The consequences of Kathmandu’s small clinics offering these services go beyond skewed birth statistics. A widening gender gap can destabilize communities, with long-term risks that include increased violence, trafficking, and social instability as the pool of women of marriageable age shrinks relative to men. Experts argue that Nepal’s efforts to enforce existing laws must be paired with broader cultural change: tackling patriarchal norms, elevating the status of girls, and strengthening women’s economic and social power in every corner of the Federal Democratic Republic of Nepal. Only by confronting both the legal and cultural roots of sex-selective abortion can Nepal hope to reverse this trend and ensure that every child—boy or girl—is welcomed and protected.

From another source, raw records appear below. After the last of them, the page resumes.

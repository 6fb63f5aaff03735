//! What values hide.

ghost use Rattle.std.specs.Prelude.{◌≡◌, IfOk, map, take};
ghost use Rattle.std.specs.List.{AllZip};
ghost use Rattle.nextest_config_profiles.specs.Reach.{words_of};
ghost use Rattle.nextest_config_profiles.specs.Report.Hidden.{AreHidden, IsHidden};
ghost use Rattle.nextest_config_profiles.specs.Report.Standing.{standing_of};

use crate::EffectiveProfile;
use crate::report::keys::copy_of;
use crate::report::parts::{Hidden, Literal};
use crate::report::rows::GivenSetting;
use crate::report::source::source_of;
use crate::report::standing::{Standing, hidden};
use std::alloc::{AllocError, Global};

/// What lies below a layer at keys of the profile that gives a setting, and what later profiles of
/// the chain have there, if that is to be shown.
pub(crate) fn hidden_rows<'p>(
    alloc: Global,
    given: GivenSetting<'_, 'p>,
    keys: &[&'p str],
    layer: usize,
) -> Result<Vec<Hidden<'p>>, AllocError>
    ensures { IfOk result (λ rows. AreHidden given.entry.effective.now given.entry.shows_hidden
        given.entry.profile.now (words_of keys.now) layer rows.items) }
{
    if !given.shows_hidden {
        return Ok(Vec::new(alloc));
    }
    let standings = hidden(alloc, given.effective, given.profile, keys, layer)?;
    hidden_each(alloc, given.effective, keys, standings.as_slice())
}

// What is told of each value that is hidden.
fn hidden_each<'p>(
    alloc: Global,
    effective: &'p EffectiveProfile<'p>,
    keys: &[&'p str],
    standings: &[Standing<'p>],
) -> Result<Vec<Hidden<'p>>, AllocError>
    ensures { IfOk result (λ rows. AllZip (IsHidden effective.now (words_of keys.now))
        (map standing_of standings.now) rows.items) }
{
    let mut rows = Vec::new(alloc);
    for standing in standings {
        rows.push(hidden_row(alloc, effective, keys, standing)?)?;
    }
    Ok(rows)
}

fn hidden_row<'p>(
    alloc: Global,
    effective: &'p EffectiveProfile<'p>,
    keys: &[&'p str],
    standing: &Standing<'p>,
) -> Result<Hidden<'p>, AllocError>
    ensures { IfOk result (IsHidden effective.now (words_of keys.now) (standing_of standing.now)) }
{
    let keys = front_of(alloc, keys, standing.reached.depth)?;
    let Standing { profile, layer, .. } = *standing;
    let source = source_of(alloc, effective, layer, profile, keys.as_slice())?;
    let literal = Literal::of(alloc, standing.reached.value.clone()?)?;
    Ok(Hidden {
        keys,
        literal,
        source,
    })
}

// The first so many keys.
fn front_of<'p>(alloc: Global, keys: &[&'p str], depth: usize) -> Result<Vec<&'p str>, AllocError>
    ensures { IfOk result (λ front. words_of front.items ≡ take depth (words_of keys.now)) }
{
    if depth < keys.len() {
        return copy_of(alloc, &keys[..depth]);
    }
    copy_of(alloc, keys)
}
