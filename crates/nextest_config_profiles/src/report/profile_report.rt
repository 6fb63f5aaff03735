//! The whole of what is told of a profile.

ghost use Rattle.std.specs.Prelude.{◌≡◌, ◌++◌, ◌∷◌, [], IfOk, List, map, OnOk};
ghost use Rattle.std.specs.List.{AllZip, list_any};
ghost use Rattle.nextest_config_profiles.specs.Profile.{AreProfiles, names_of};
ghost use Rattle.nextest_config_profiles.specs.Report.OtherProfiles.{AreFaultsOf, AreOtherProfileFaults};
ghost use Rattle.nextest_config_profiles.specs.Report.ProfileReport.{has_fault, have_fault, is_fault, IsReport, rows_have_fault};
ghost use Rattle.nextest_config_profiles.specs.Report.Rows.{AreRows};
ghost use Rattle.nextest_config_profiles.specs.Report.Setting.{all_settings, rule_of};
ghost use Rattle.nextest_config_profiles.specs.declared.report.parts.OtherProfileFault.{OtherProfileFault};
ghost use Rattle.nextest_config_profiles.specs.declared.report.parts.Row.{Row};

use crate::profile_alone::Profiles;
use crate::report::chain::chain;
use crate::report::given::given_for;
use crate::report::other_profiles::{faults_of, giver_of};
use crate::report::others::others;
use crate::report::overrides::overrides;
use crate::report::parts::{ChainProfile, KeyState, OtherKey, OtherProfileFault, Override, Row};
use crate::report::rows::rows_of;
use crate::report::setting::{KnownSetting, all_settings};
use crate::{EffectiveProfile, profile_names};
use std::alloc::{AllocError, Global};

/// What is told of a profile.
#[derive(Drop)]
pub struct ProfileReport<'a> {
    /// The profile and those that it falls back on, `default` last.
    pub chain: Vec<ChainProfile<'a>>,
    /// What it gets for each setting, in the order of the settings.
    pub settings: Vec<Vec<Row<'a>>>,
    /// What else the profile has.
    pub others: Vec<OtherKey<'a>>,
    /// The overrides, of which the first that applies and sets a key counts.
    pub overrides: Vec<Override<'a>>,
    /// What is wrong with settings of all profiles but the one that gives each, those of the chain
    /// among them: nextest refuses the files for that, too.
    pub other_profiles: Vec<OtherProfileFault<'a>>,
}

impl<'a> ProfileReport<'a> {
    /// What is told of the profile; with what its values hide, where that is asked for.
    pub fn of(
        alloc: Global,
        effective: &'a EffectiveProfile<'a>,
        shows_hidden: bool,
    ) -> Result<Self, AllocError>
        ensures { IfOk result (IsReport effective.now shows_hidden) }
    {
        let report = settings_report(alloc, effective, shows_hidden)?;
        Ok(ProfileReport {
            chain: chain(alloc, effective)?,
            settings: report.rows,
            others: others(alloc, effective)?,
            overrides: overrides(alloc, effective)?,
            other_profiles: report.faults,
        })
    }

    /// Whether a setting has a fault, or no value, or what any profile but the one that gives a
    /// setting has for it, in the chain or not, has a fault.
    pub fn has_fault(&self) -> bool
        ensures { result ≡ has_fault self.now }
    {
        !self.other_profiles.is_empty() || settings_have_fault(self.settings.as_slice())
    }
}

// What is told of the settings.
#[derive(Drop)]
struct SettingsReport<'a> {
    rows: Vec<Vec<Row<'a>>>,
    // What is wrong with each in other profiles than the one that gives it.
    faults: Vec<OtherProfileFault<'a>>,
}

// What is told of each setting, which is read once.
fn settings_report<'a>(
    alloc: Global,
    effective: &'a EffectiveProfile<'a>,
    shows_hidden: bool,
) -> Result<SettingsReport<'a>, AllocError>
    ensures rows { IfOk result (λ report. AllZip (AreRows effective.now shows_hidden) all_settings
        (map (λ rows. rows.items) report.rows.items)) }
    ensures faults { IfOk result (λ report.
        AreOtherProfileFaults effective.now report.faults.items) }
{
    let names = profile_names(alloc, effective.files())?;
    let all = effective.each_alone(alloc, names.as_slice())?;
    let chain = effective.chain_alone(alloc)?;
    let profiles = Profiles {
        effective,
        chain: chain.as_slice(),
        all: all.as_slice(),
    };
    let settings = all_settings(alloc)?;
    let mut report = SettingsReport {
        rows: Vec::new(alloc),
        faults: Vec::new(alloc),
    };
    for setting in &settings {
        push_setting(alloc, profiles, setting.lent(), shows_hidden, &mut report)?;
    }
    Ok(report)
}

// Pushes what is told of a setting.
fn push_setting<'a>(
    alloc: Global,
    profiles: Profiles<'_, 'a>,
    setting: KnownSetting<'_>,
    shows_hidden: bool,
    report: &mut SettingsReport<'a>,
) -> Result<(), AllocError>
    requires { AreProfiles profiles }
    ensures rows { OnOk result ((rows : List Row)
        × AreRows profiles.entry.effective.now shows_hidden (rule_of setting.entry) rows
        × (map (λ rows. rows.items) report.new.rows.items
        ≡ map (λ rows. rows.items) report.old.rows.items ++ rows ∷ [])) }
    ensures faults { OnOk result ((added : List OtherProfileFault)
        × AreFaultsOf profiles.entry.effective.now (names_of profiles.entry.all.now)
        (rule_of setting.entry) added
        × (report.new.faults.items ≡ report.old.faults.items ++ added)) }
{
    let effective = profiles.effective;
    let given = given_for(alloc, effective, profiles.chain, setting)?;
    let giver = giver_of(&given);
    let rows = rows_of(alloc, effective, setting, shows_hidden, given)?;
    report.rows.push(rows)?;
    let mut added = faults_of(alloc, effective, setting, giver, profiles.all)?;
    report.faults.append(&mut added)?;
    Ok(())
}

// Whether a row of a setting tells of a fault, or of no value.
fn settings_have_fault(settings: &[Vec<Row<'_>>]) -> bool
    ensures { result ≡ list_any have_fault settings.now }
{
    settings.iter().any(|rows| have_fault(rows.as_slice()))
}

fn have_fault(rows: &[Row<'_>]) -> bool
    ensures { result ≡ rows_have_fault rows.now }
{
    rows.iter().any(|row| is_fault(&row.state))
}

fn is_fault(state: &KeyState<'_>) -> bool
    ensures { result ≡ is_fault state.now }
{
    matches!(state, KeyState::Fault { .. } | KeyState::NoValue(_))
}
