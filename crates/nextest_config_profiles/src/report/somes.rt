//! Lists of what is there.

ghost use Rattle.std.specs.Prelude.{◌≡◌, ◌++◌, OnOk};
ghost use Rattle.nextest_config_profiles.specs.Report.Somes.{some_list};

use std::alloc::AllocError;

/// Pushes what is there, if anything is.
pub(crate) fn push_some<T: Drop>(list: &mut Vec<T>, item: Option<T>) -> Result<(), AllocError>
    ensures { OnOk result (list.new.items ≡ list.old.items ++ some_list item) }
{
    if let Some(item) = item {
        list.push(item)?;
    }
    Ok(())
}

Spicy Auntie here, lighting a cigarette I don’t smoke and staring very hard at Kathmandu’s ultrasound machines. Because Auntie has seen this movie before, and trust me, it never ends well. It starts quietly, politely, with phrases like “just checking,” “family pressure,” “one last try for a son.” It ends with missing girls, exhausted women, and a society pretending it has no idea how it got there.
Let’s be very clear, because Auntie does not dance around the truth: sex selection is not a “women’s choice” problem. It is a patriarchy-with-a-receipt problem. When daughters are treated like temporary guests and sons like lifetime investments, technology doesn’t liberate women—it just gives misogyny better tools. An ultrasound does not hate girls. People do.
I hear the whispers already. “But abortion is legal in Nepal.” Yes, it is, and that matters. Safe abortion saves lives. But legality without accountability is like giving a drunk uncle car keys and hoping for the best. When tiny clinics quietly tell families what they are “having,” everyone knows what comes next. The woman pays the price, with her body, her conscience, and often her silence. Meanwhile, the men go home feeling very satisfied with their lineage.
Auntie has traveled enough in South and Southeast Asia to recognize the pattern. First, girls disappear from birth statistics. Then brides become scarce. Then trafficking, forced marriages, and violence against women rise like clockwork. And suddenly everyone is shocked. “How could this happen?” they ask, clutching their pearls. Auntie would like to point at the spreadsheets, the clinics, and the family dining tables where daughters were discussed like bad investments.
And let’s not romanticize culture while we’re at it. Culture is not a fossil. Culture is what people choose to keep doing. Sons lighting funeral pyres, daughters marrying out, inheritance flowing in one direction—these are traditions that can change. They have changed elsewhere. They change when girls are valued not for what they bring to men, but for who they are as human beings.
What makes Auntie angriest is not the technology. It’s the cowardice. Laws exist, but enforcement politely looks the other way. Clinics make money. Families save face. Women absorb the trauma. And society shrugs, as if this were weather.
So here’s Auntie’s unsolicited advice: stop pretending this is a private choice. It’s a public disaster in the making. Protect abortion access fiercely, yes—but crack down hard on sex selection, name son preference for what it is, and start celebrating daughters loudly, publicly, unapologetically.
Because when girls vanish before they’re even born, the future doesn’t just tilt male. It tilts cruel. And Auntie has zero patience for societies that manufacture their own heartbreak and call it tradition.